US Federal Reserve delivered the rate hike on expected grounds. The 75 basis points hike which takes the total rate hike in 2022 to 2.25 percent is directed towards taming inflation. “With the objective of bringing down CPI inflation to about 2%, the US Federal Reserve has been tightening rates and reducing liquidity. The hike of 75 bps was as per market expectations and hence was greeted by a short covering rally in the US markets,” says Sandeep Bagla, CEO, Trust Mutual Funds.
The immediate impact of rate hikes are on the stock market and the valuations that some of the stocks enjoyed. Both S&P 500 and Nasdaq are flirting in the bear market territory. What’s in store in the near future remains to be seen. “It will be important to evaluate the impact of recent tightening measures taken by the policymakers in the next few months to be able to estimate the trajectory of future policy actions towards curbing inflation while supporting growth,” says Vivek Goel, Co-founder and Joint Managing Director, Tailwind Financial Services.

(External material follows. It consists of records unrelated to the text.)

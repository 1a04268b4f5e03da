//! Gathers the messages that logs tell, and finds those that only one of two logs has.
ghost use Rattle.std.specs.Prelude.{◌≡◌, ◌<◌, ◌++◌, cond, [], ◌∷◌, IfOk, OnOk, AllPairs, Contains};
ghost use Rattle.std.specs.List.{flat_map, AllByRecursion};
ghost use Rattle.gen_types.specs.Ascending.{IsListOf};
ghost use Rattle.gen_types.specs.Ends.{is_among};
ghost use Rattle.gen_local.specs.Erased.{erased};
ghost use Rattle.gen_match.specs.Messages as message;
ghost use Rattle.gen_match.specs.Reports.{told_logs};
ghost use Rattle.gen_match.specs.Rest.{IsSmall, AreSmall};

use crate::entries::{note_ranges, rest_entries};
use crate::prefixes::{path_number, sort_apart};
use crate::ranks::{RANK_SPAN, rank_number};
use crate::sides::Side;
use gen_local::LocalReport;
use gen_log::Entry;
use gen_net::Header;
use gen_types::{GeneralNo, GeneralSet, OrderNo, Path};
use std::alloc::{AllocError, Global};

/// Returns the key of a message.
fn message_key(from: GeneralNo, to: GeneralNo, order: OrderNo, path: &Path) -> u128
    ensures { result ≡ message.key_of from to order path.now }
{
    path_number(path) * RANK_SPAN + rank_number(from, to, path.len(), order)
}

/// Appends a key if the general at the other end of its message counts.
fn put_key(
    counted: &GeneralSet,
    other: GeneralNo,
    key: u128,
    keys: &mut Vec<u128>,
) -> Result<(), AllocError>
    ensures { OnOk result (keys.new.items
        ≡ keys.old.items ++ cond (is_among counted.now other) (key ∷ []) []) }
{
    if counted.contains(other) {
        keys.push(key)?;
    }
    Ok(())
}

/// Appends the keys of the messages that the entries of a general's log tell on this side.
fn put_messages(
    side: Side,
    counted: &GeneralSet,
    general: GeneralNo,
    entries: &[Entry],
    keys: &mut Vec<u128>,
) -> Result<(), AllocError>
    ensures keys { OnOk result (keys.new.items ≡ keys.old.items
        ++ flat_map (message.told_keys side counted.now general) (erased entries.now)) }
    ensures small { OnOk result (AllByRecursion IsSmall (erased entries.now)) }
{
    let mut rest = entries;
    while let Some((entry, others)) = rest.split_first() {
        note_ranges(entry);
        match (side, entry) {
            (Side::Sender, Entry::Send { to, order, path }) => {
                put_key(counted, *to, message_key(general, *to, *order, path), keys)?;
            }
            (Side::Receiver, Entry::Recv { from, chain }) => {
                let key = message_key(*from, general, chain.order(), &chain.path());
                put_key(counted, *from, key, keys)?;
            }
            _ => {}
        }
        rest = others;
    }
    Ok(())
}

/// Returns the keys, ascending, of all messages between counted generals that the logs of the rest tell on this side.
pub(crate) fn find_keys(
    alloc: Global,
    side: Side,
    counted: &GeneralSet,
    header: &Header,
    faulty: &GeneralSet,
    reports: &[LocalReport],
) -> Result<Vec<u128>, AllocError>
    ensures keys { IfOk result (λ keys. IsListOf keys.items (Contains
        (message.rest_told side counted.now header.now.network faulty.now (told_logs reports.now)))) }
    ensures small { OnOk result (AreSmall header.now.network faulty.now
        (told_logs reports.now) header.now.network.generals) }
{
    let mut keys = Vec::new(alloc);
    for number in 0..header.net().generals() {
        let general = GeneralNo::at(number);
        let entries = rest_entries(header, faulty, reports, general);
        put_messages(side, counted, general, entries, &mut keys)?;
    }
    sort_apart(&mut keys)?;
    Ok(keys)
}

/// Appends the ranks of the keys that the other keys don't have.
fn put_ranks(keys: &[u128], others: &[u128], ranks: &mut Vec<u128>) -> Result<(), AllocError>
    requires { AllPairs (λ a b. a < b) others.now }
    ensures { OnOk result (ranks.new.items
        ≡ ranks.old.items ++ flat_map (message.rank_lacked others.now) keys.now) }
{
    let mut rest = keys;
    while let Some((key, behind)) = rest.split_first() {
        match others.binary_search(key) {
            Ok(_) => {}
            Err(_) => ranks.push(*key % RANK_SPAN)?,
        }
        rest = behind;
    }
    Ok(())
}

/// Returns the ranks, ascending, of the messages whose key only one of two lists has.
pub(crate) fn one_sided(
    alloc: Global,
    sent: &[u128],
    received: &[u128],
) -> Result<Vec<u128>, AllocError>
    requires sent { AllPairs (λ a b. a < b) sent.now }
    requires received { AllPairs (λ a b. a < b) received.now }
    ensures { IfOk result (λ ranks. IsListOf ranks.items (Contains
        (message.one_sided sent.now received.now))) }
{
    let mut ranks = Vec::new(alloc);
    put_ranks(sent, received, &mut ranks)?;
    put_ranks(received, sent, &mut ranks)?;
    sort_apart(&mut ranks)?;
    Ok(ranks)
}
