//! Gathers what the rest sent the faulty: received chains can derive from this.
ghost use Rattle.std.specs.Prelude.{◌≡◌, ◌++◌, OnOk, IfOk, Contains};
ghost use Rattle.std.specs.List.{flat_map};
ghost use Rattle.gen_types.specs.Ascending.{IsListOf};
ghost use Rattle.gen_local.specs.Erased.{erased};
ghost use Rattle.gen_match.specs.Reports.{told_logs};
ghost use Rattle.gen_match.specs.Underivables as finding;

use crate::entries::rest_entries;
use crate::prefixes::{put_begins, sort_apart};
use gen_local::LocalReport;
use gen_log::Entry;
use gen_net::Header;
use gen_types::{GeneralNo, GeneralSet};
use std::alloc::{AllocError, Global};

/// Appends the keys of entries: of all beginnings of the path of each SEND to a faulty general.
fn put_sources(
    faulty: &GeneralSet,
    entries: &[Entry],
    keys: &mut Vec<u128>,
) -> Result<(), AllocError>
    ensures { OnOk result (keys.new.items
        ≡ keys.old.items ++ flat_map (finding.entry_keys faulty.now) (erased entries.now)) }
{
    let mut rest = entries;
    while let Some((entry, others)) = rest.split_first() {
        if let Entry::Send { to, order, path } = entry {
            if faulty.contains(*to) {
                put_begins(*order, path, keys)?;
            }
        }
        rest = others;
    }
    Ok(())
}

/// Returns the keys, ascending, of all beginnings of paths that the rest sent the faulty. Each key has the number of
/// generals of its whole path.
pub(crate) fn find_sources(
    alloc: Global,
    header: &Header,
    faulty: &GeneralSet,
    reports: &[LocalReport],
) -> Result<Vec<u128>, AllocError>
    ensures { IfOk result (λ keys. IsListOf keys.items (Contains
        (finding.rest_keys header.now.network faulty.now (told_logs reports.now)))) }
{
    let mut keys = Vec::new(alloc);
    for number in 0..header.net().generals() {
        let entries = rest_entries(header, faulty, reports, GeneralNo::at(number));
        put_sources(faulty, entries, &mut keys)?;
    }
    sort_apart(&mut keys)?;
    Ok(keys)
}
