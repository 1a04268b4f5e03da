//! Gives the ranks of messages as numbers.
ghost use Rattle.std.specs.Prelude.{◌≡◌, ◌<◌, ◌≤◌, IfOk, map};
ghost use Rattle.gen_match.specs.Ranks as ranked;

use crate::finding::Finding;
use crate::kinds::Kind;
use gen_types::limits::MOST_GENERALS;
use gen_types::{GeneralNo, OrderNo};
use std::alloc::{AllocError, Global};

/// Each general's number is less than this.
pub(crate) const GENERAL_SPAN: u128 = MOST_GENERALS as u128;

/// Each round, and each number of generals of a path, is less than this.
pub(crate) const ROUND_SPAN: u128 = 32;

/// Each order's number is less than this.
pub(crate) const ORDER_SPAN: u128 = 16;

/// The ranks of two messages that differ by one in their round alone differ by this.
const ROUND_STRIDE: u128 = ORDER_SPAN;

/// The ranks of two messages that differ by one in their receiver alone differ by this.
const TO_STRIDE: u128 = ROUND_SPAN * ROUND_STRIDE;

/// The ranks of two messages that differ by one in their sender alone differ by this.
const FROM_STRIDE: u128 = GENERAL_SPAN * TO_STRIDE;

/// Each rank number is less than this.
pub(crate) const RANK_SPAN: u128 = GENERAL_SPAN * FROM_STRIDE;

/// Returns the number of a message's rank, which is below 131072.
pub(crate) fn rank_number(from: GeneralNo, to: GeneralNo, round: usize, order: OrderNo) -> u128
    requires { round ≤ 16 }
    ensures value { result ≡ ranked.rank_number from to round order }
    ensures small { result < 131072 }
{
    let generals = u128::from(from.get()) * GENERAL_SPAN + u128::from(to.get());
    (generals * ROUND_SPAN + round as u128) * ORDER_SPAN + u128::from(order.get())
}

/// Returns the finding of this kind about the message with this rank.
fn finding_at(kind: Kind, rank: u128) -> Finding
    ensures { result ≡ ranked.finding_at kind rank }
{
    let from = GeneralNo::at((rank / FROM_STRIDE % GENERAL_SPAN) as u8);
    let to = GeneralNo::at((rank / TO_STRIDE % GENERAL_SPAN) as u8);
    let round = (rank / ROUND_STRIDE % ROUND_SPAN) as u8;
    let order = OrderNo::at((rank % ORDER_SPAN) as u8);
    match kind {
        Kind::OneSided => Finding::Unmatched {
            from,
            to,
            round,
            order,
        },
        Kind::Stray => Finding::Underivable {
            from,
            to,
            round,
            order,
        },
    }
}

/// Returns the findings of this kind about the messages with these ranks.
pub(crate) fn findings_at(
    alloc: Global,
    kind: Kind,
    ranks: &[u128],
) -> Result<Vec<Finding>, AllocError>
    ensures { IfOk result (λ findings. findings.items ≡ map (ranked.finding_at kind) ranks.now) }
{
    let mut findings = Vec::new(alloc);
    for rank in ranks {
        findings.push(finding_at(kind, *rank))?;
    }
    Ok(findings)
}
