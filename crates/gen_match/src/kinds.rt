//! Kinds of findings about messages.

/// What is found about a message.
#[derive(Clone, Copy)]
pub enum Kind {
    /// Only one of two logs has the message.
    OneSided,
    /// The message is a chain that derives from nothing that the rest sent.
    Stray,
}
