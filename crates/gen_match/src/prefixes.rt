//! Gives beginnings of paths as numbers, and the keys of beginnings that were sent.
ghost use Rattle.std.specs.Prelude.{ℕ, ◌≡◌, ◌+◌, ◌*◌, ◌^◌, ◌<◌, ◌≤◌, ◌++◌, OnOk, AllPairs, Contains, length};
ghost use Rattle.gen_types.specs.Ascending.{IsListOf};
ghost use Rattle.gen_match.specs.Prefixes as keys;

use crate::ranks::{GENERAL_SPAN, ORDER_SPAN, ROUND_SPAN};
use gen_types::{GeneralNo, OrderNo, Path};
use std::alloc::AllocError;

/// Returns the number of a path with one more general after the `count` generals of this number.
pub(crate) fn longer(number: u128, count: usize, general: GeneralNo) -> u128
    requires room { count < 16 }
    requires small { number < 2 * 16 ^ count }
    ensures value { result ≡ number * 16 + general }
    ensures small { result < 2 * 16 ^ (count + 1) }
{
    number * GENERAL_SPAN + u128::from(general.get())
}

/// Returns the key of a beginning of a path: from the beginning's number, the order and the number of generals of the
/// whole path.
pub(crate) fn source_key(number: u128, order: OrderNo, len: usize) -> u128
    requires small { number < 2 ^ 65 }
    requires few { len ≤ 16 }
    ensures { result ≡ keys.source_key number order len }
{
    (number * ORDER_SPAN + u128::from(order.get())) * ROUND_SPAN + len as u128
}

/// Returns the number of a path.
pub(crate) fn path_number(path: &Path) -> u128
    ensures value { result ≡ keys.path_number path.now }
    ensures small { result < 2 ^ 65 }
{
    let _at_most = path.len();
    let mut number = 1;
    let mut count = 0;
    let mut rest = path.generals();
    while let Some((general, others)) = rest.split_first() {
        number = longer(number, count, *general);
        count += 1;
        rest = others;
    }
    number
}

/// Appends the keys of all beginnings of a path.
pub(crate) fn put_begins(
    order: OrderNo,
    path: &Path,
    numbers: &mut Vec<u128>,
) -> Result<(), AllocError>
    ensures { OnOk result (numbers.new.items
        ≡ numbers.old.items ++ keys.begin_keys order (length path.now) 1 path.now) }
{
    let len = path.len();
    let mut number = 1;
    let mut count = 0;
    let mut rest = path.generals();
    while let Some((general, others)) = rest.split_first() {
        number = longer(number, count, *general);
        count += 1;
        numbers.push(source_key(number, order, len))?;
        rest = others;
    }
    Ok(())
}

/// Sorts numbers in ascending order, and keeps each once.
pub(crate) fn sort_apart(numbers: &mut Vec<u128>) -> Result<(), AllocError>
    ensures { OnOk result (IsListOf numbers.new.items (Contains numbers.old.items)) }
{
    numbers.sort()?;
    numbers.dedup();
    Ok(())
}

/// Whether one of these ascending numbers is at least `low` and below `high`.
pub(crate) fn has_between(numbers: &[u128], low: u128, high: u128) -> bool
    requires ascending { AllPairs (λ a b. a < b) numbers.now }
    requires above { low < high }
    ensures { result ≡ keys.has_between numbers.now low high }
{
    match numbers.binary_search(&low) {
        Ok(_) => true,
        Err(next) => match numbers.get(next) {
            Some(number) => *number < high,
            None => false,
        },
    }
}
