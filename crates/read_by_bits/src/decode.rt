// Line-ups from their bits: every field is folded bit by bit, and the records are kept.
// In types and numbers of this program alone, so that nothing is shared with the reader.
use super::bits::Bits;
use std::alloc::Global;
use std::io;

// The times of a row. Only a track has a long budget.
#[derive(Clone, Copy, PartialEq, Eq)]
pub struct Times {
    pub period: u32,
    pub deadline: u32,
    pub short: u32,
    pub long: Option<u32>,
}

// A record as it was decoded. A label is a part of the input, with its place there.
#[derive(Clone, Copy, PartialEq, Eq)]
pub enum Item<'a> {
    Row(Times),
    Label { offset: usize, bytes: &'a [u8] },
    End,
}

// A refusal by its number in docs/LINEUP.md, and the offset of its record.
#[derive(Clone, Copy, PartialEq, Eq)]
pub struct Refused {
    pub number: u8,
    pub offset: usize,
}

// The records up to the end or up to a refusal.
#[derive(Drop)]
pub struct Decoded<'a> {
    pub items: Vec<Item<'a>>,
    pub refused: Option<Refused>,
}

fn is_row(item: &Item<'_>) -> bool {
    matches!(item, Item::Row(_))
}

fn rows_among(items: &[Item<'_>]) -> usize {
    items.iter().filter(|item| is_row(item)).count()
}

// A helper's long budget is its only one.
fn in_limits(times: &Times) -> bool {
    let long = times.long.unwrap_or(times.short);
    [1, times.short, long, times.deadline, times.period].is_sorted()
}

// A line-up that is decoded: its bytes, the bits that are left of them, and the records so far.
#[derive(Drop)]
struct Decoder<'a> {
    input: &'a [u8],
    bits: Bits,
    items: Vec<Item<'a>>,
}

impl<'a> Decoder<'a> {
    fn time(&mut self) -> Result<u32, u8> {
        self.bits.field(18)
    }

    fn track_times(&mut self) -> Result<Times, u8> {
        Ok(Times {
            period: self.time()?,
            deadline: self.time()?,
            short: self.time()?,
            long: Some(self.time()?),
        })
    }

    fn helper_times(&mut self) -> Result<Times, u8> {
        Ok(Times {
            period: self.time()?,
            deadline: self.time()?,
            short: self.time()?,
            long: None,
        })
    }

    // The rest of a row: so many bits of filling.
    fn row_item(&mut self, times: Times, filling: u32) -> Result<Item<'a>, u8> {
        if self.bits.field(filling)? > 0 {
            return Err(3);
        }
        if !in_limits(&times) {
            return Err(5);
        }
        if rows_among(self.items.as_slice()) == 32 {
            return Err(6);
        }
        Ok(Item::Row(times))
    }

    fn label_item(&mut self) -> Result<Item<'a>, u8> {
        let length = self.bits.field(5)?;
        let offset = self.bits.offset();
        // Every byte is read, also behind one that is not printable.
        let mut printable = true;
        for _ in 0..length {
            let byte = self.bits.field(8)?;
            printable = printable && byte > 31 && byte < 127;
        }
        if length > 0 && printable && self.items.last().is_some_and(is_row) {
            let bytes = self.input.get(offset..self.bits.offset()).unwrap_or(&[]);
            Ok(Item::Label { offset, bytes })
        } else {
            Err(4)
        }
    }

    fn end_item(&mut self) -> Result<Item<'a>, u8> {
        let count = self.bits.field(5)? as usize;
        if count.saturating_add(1) != rows_among(self.items.as_slice()) {
            return Err(7);
        }
        if !self.bits.at_end() {
            return Err(8);
        }
        Ok(Item::End)
    }

    fn next_item(&mut self) -> Result<Item<'a>, u8> {
        match self.bits.field(3)? {
            0 => {
                let times = self.helper_times()?;
                self.row_item(times, 7)
            }
            1 => {
                let times = self.track_times()?;
                self.row_item(times, 5)
            }
            2 => self.label_item(),
            3 => self.end_item(),
            _ => Err(1),
        }
    }
}

pub(crate) fn decode(heap: Global, input: &[u8]) -> io::Result<Decoded<'_>> {
    let mut decoder = Decoder {
        input,
        bits: Bits::of(heap, input)?,
        items: Vec::new(heap),
    };
    let mut refused = None;
    // every record takes a byte at least, so the loop never runs out
    for _ in 0..=input.len() {
        let offset = decoder.bits.offset();
        match decoder.next_item() {
            Ok(item) => decoder.items.push(item)?,
            Err(number) => {
                refused = Some(Refused { number, offset });
                break;
            }
        }
        if matches!(decoder.items.last(), Some(Item::End)) {
            break;
        }
    }
    let items = decoder.items;
    Ok(Decoded { items, refused })
}
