// Damage to the bytes of a line-up.
use generator::Generator;
use std::io;

// A place among `count`.
fn place(draws: &mut Generator, count: usize) -> usize {
    draws.below(u32::try_from(count).unwrap_or(u32::MAX)) as usize
}

fn flip_bit(draws: &mut Generator, bytes: &mut Vec<u8>) {
    let mask = 1u8 << draws.below(8);
    let at = place(draws, bytes.len());
    if let Some(byte) = bytes.get_mut(at) {
        *byte ^= mask;
    }
}

fn swap_bytes(draws: &mut Generator, bytes: &mut Vec<u8>) {
    let at = place(draws, bytes.len());
    let other = place(draws, bytes.len());
    if at < bytes.len() && other < bytes.len() {
        bytes.swap(at, other);
    }
}

fn extend(draws: &mut Generator, bytes: &mut Vec<u8>) -> io::Result<()> {
    for _ in 0..1 + draws.below(3) {
        bytes.push((draws.below(256) & 255) as u8)?;
    }
    Ok(())
}

// Leaves a third of the line-ups whole.
pub(crate) fn damage(draws: &mut Generator, bytes: &mut Vec<u8>) -> io::Result<()> {
    match draws.below(9) {
        0 | 1 => flip_bit(draws, bytes),
        2 => {
            flip_bit(draws, bytes);
            flip_bit(draws, bytes);
        }
        3 => {
            let len = place(draws, bytes.len());
            bytes.truncate(len);
        }
        4 => extend(draws, bytes)?,
        5 => swap_bytes(draws, bytes),
        _ => {}
    }
    Ok(())
}
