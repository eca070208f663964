// Whether the reader gives what was decoded, record by record, and again behind the last.
// Its answers are put into the decoder's own types and compared there, not by the core's own equality.
use super::decode::{Decoded, Item, Refused, Times};
use lineup::{ReadFault, Reader, Record, read_rows};
use row::RowNumbers;

impl From<RowNumbers> for Times {
    fn from(numbers: RowNumbers) -> Times {
        match numbers {
            RowNumbers::Track {
                period,
                deadline,
                short,
                long,
            } => Times {
                period,
                deadline,
                short,
                long: Some(long),
            },
            RowNumbers::Helper {
                period,
                deadline,
                short,
            } => Times {
                period,
                deadline,
                short,
                long: None,
            },
        }
    }
}

impl<'a> From<Record<'a>> for Item<'a> {
    fn from(record: Record<'a>) -> Item<'a> {
        match record {
            Record::Row(numbers) => Item::Row(Times::from(numbers)),
            Record::Label { offset, bytes } => Item::Label { offset, bytes },
            Record::End => Item::End,
        }
    }
}

impl From<ReadFault> for Refused {
    fn from(fault: ReadFault) -> Refused {
        Refused {
            number: fault.refusal.number(),
            offset: fault.offset,
        }
    }
}

fn next_read<'a>(reader: &mut Reader<'a>) -> Result<Option<Item<'a>>, Refused> {
    Ok(reader.next()?.map(Item::from))
}

// What a read behind the last record answers: none, or the refusal where there is one.
fn last_read<'a>(decoded: &Decoded<'a>) -> Result<Option<Item<'a>>, Refused> {
    decoded.refused.map_or(Ok(None), |refused| Err(refused))
}

pub(crate) fn same_reads(input: &[u8], decoded: &Decoded<'_>) -> bool {
    let mut reader = Reader::new(input);
    let same = decoded
        .items
        .iter()
        .all(|item| next_read(&mut reader) == Ok(Some(*item)));
    // once more, since a refused read leaves the reader in its place
    same && next_read(&mut reader) == last_read(decoded)
        && next_read(&mut reader) == last_read(decoded)
}

// The times of a row, or none for another record.
fn row_in(item: &Item<'_>) -> Option<Times> {
    match item {
        Item::Row(times) => Some(*times),
        _ => None,
    }
}

pub(crate) fn same_rows(input: &[u8], decoded: &Decoded<'_>) -> bool {
    match read_rows(input) {
        Ok(rows) => {
            let rows = rows.as_slice().iter().copied().map(Times::from);
            decoded.refused.is_none() && rows.eq(decoded.items.iter().filter_map(row_in))
        }
        Err(fault) => decoded.refused == Some(Refused::from(fault)),
    }
}
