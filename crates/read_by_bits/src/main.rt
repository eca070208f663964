// Reads generated line-ups, whole and damaged, and compares the reader with a decoder that works bit by bit.
#![tactic(auto)]

mod bits;
mod compare;
mod damage;
mod decode;
mod lineups;
mod tally;

use generator::Generator;
use std::io;

const LINEUPS: u32 = 4000;

fn main(rt: HostRuntime) -> io::Result<()> {
    let heap = rt.alloc();
    let mut draws = Generator::new(31);
    let mut tally = tally::Tally::default();
    for turn in 0..LINEUPS {
        let mut bytes = if turn % 2 == 0 {
            lineups::written(heap, &mut draws)?
        } else {
            lineups::packed(heap, &mut draws)?
        };
        damage::damage(&mut draws, &mut bytes)?;
        let decoded = decode::decode(heap, bytes.as_slice())?;
        let agreed = compare::same_reads(bytes.as_slice(), &decoded)
            && compare::same_rows(bytes.as_slice(), &decoded);
        tally.note(&decoded, agreed);
        if !agreed {
            tally::print_disagreement(&rt, bytes.as_slice(), &decoded)?;
        }
    }
    print!(rt; "{tally}")
}
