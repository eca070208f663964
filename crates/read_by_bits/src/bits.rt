// Bytes as a list of bits, the most significant of each byte first, and back.
use std::alloc::{AllocError, Global};

const MASKS: [u8; 8] = [128, 64, 32, 16, 8, 4, 2, 1];

// Bits, and how many of them were read.
#[derive(Drop)]
pub struct Bits {
    bits: Vec<bool>,
    at: usize,
}

impl Bits {
    pub(crate) fn new(heap: Global) -> Bits {
        Bits {
            bits: Vec::new(heap),
            at: 0,
        }
    }

    pub(crate) fn of(heap: Global, bytes: &[u8]) -> Result<Bits, AllocError> {
        let mut bits = Vec::new(heap);
        // eight at a time: bit by bit through a `flat_map` takes twice as long
        for byte in bytes {
            bits.extend_from_slice(&MASKS.map(|mask| *byte & mask != 0))?;
        }
        Ok(Bits { bits, at: 0 })
    }

    // The byte that the next bit stands in.
    pub(crate) fn offset(&self) -> usize {
        self.at / 8
    }

    pub(crate) fn at_end(&self) -> bool {
        self.at >= self.bits.len()
    }

    // The number that the next bits spell; refused by 2 where they are too few.
    pub(crate) fn field(&mut self, width: u32) -> Result<u32, u8> {
        let past = self.at.saturating_add(width as usize);
        let part = self.bits.get(self.at..past).ok_or(2)?;
        let value = part.iter().fold(0u32, |value, one| {
            value.wrapping_mul(2).wrapping_add(u32::from(*one))
        });
        self.at = past;
        Ok(value)
    }

    // Puts the last `width` bits of a number behind the others.
    pub(crate) fn put(&mut self, value: u32, width: u32) -> Result<(), AllocError> {
        let ones = (0..width)
            .rev()
            .map(|behind| value.rotate_right(behind) % 2 == 1);
        self.bits.extend(ones)
    }

    pub(crate) fn bytes(&self, heap: Global) -> Result<Vec<u8>, AllocError> {
        self.bits.as_slice().chunks(8).map(byte_of).collect(heap)
    }
}

// The byte that up to eight bits spell; the others are 0.
fn byte_of(bits: &[bool]) -> u8 {
    bits.iter().zip(MASKS.iter()).fold(
        0,
        |byte, (bit, mask)| if *bit { byte | *mask } else { byte },
    )
}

The rising interest rate scenario may initially have a negative impact on the economy and in turn on the stock market. Over time, how much impact higher rates have on the bottom line of companies will play a role in stock market performance.
Bagla explains how rising rates may impact equities – The increase in US rates and tightening of global liquidity in the form of Quantitative Tightening will lead to dampening of demand, which should lead to lower growth and profitability for the corporate world. Also, the opportunity cost of deploying money in markets will go up.
Slower growth prospects, lower profitability, and higher discounting rates generally lead to lower stock markets. Over the next few months, as global central banks hike rates, even if as per market expectations, do not augur well for risky asset classes like equities.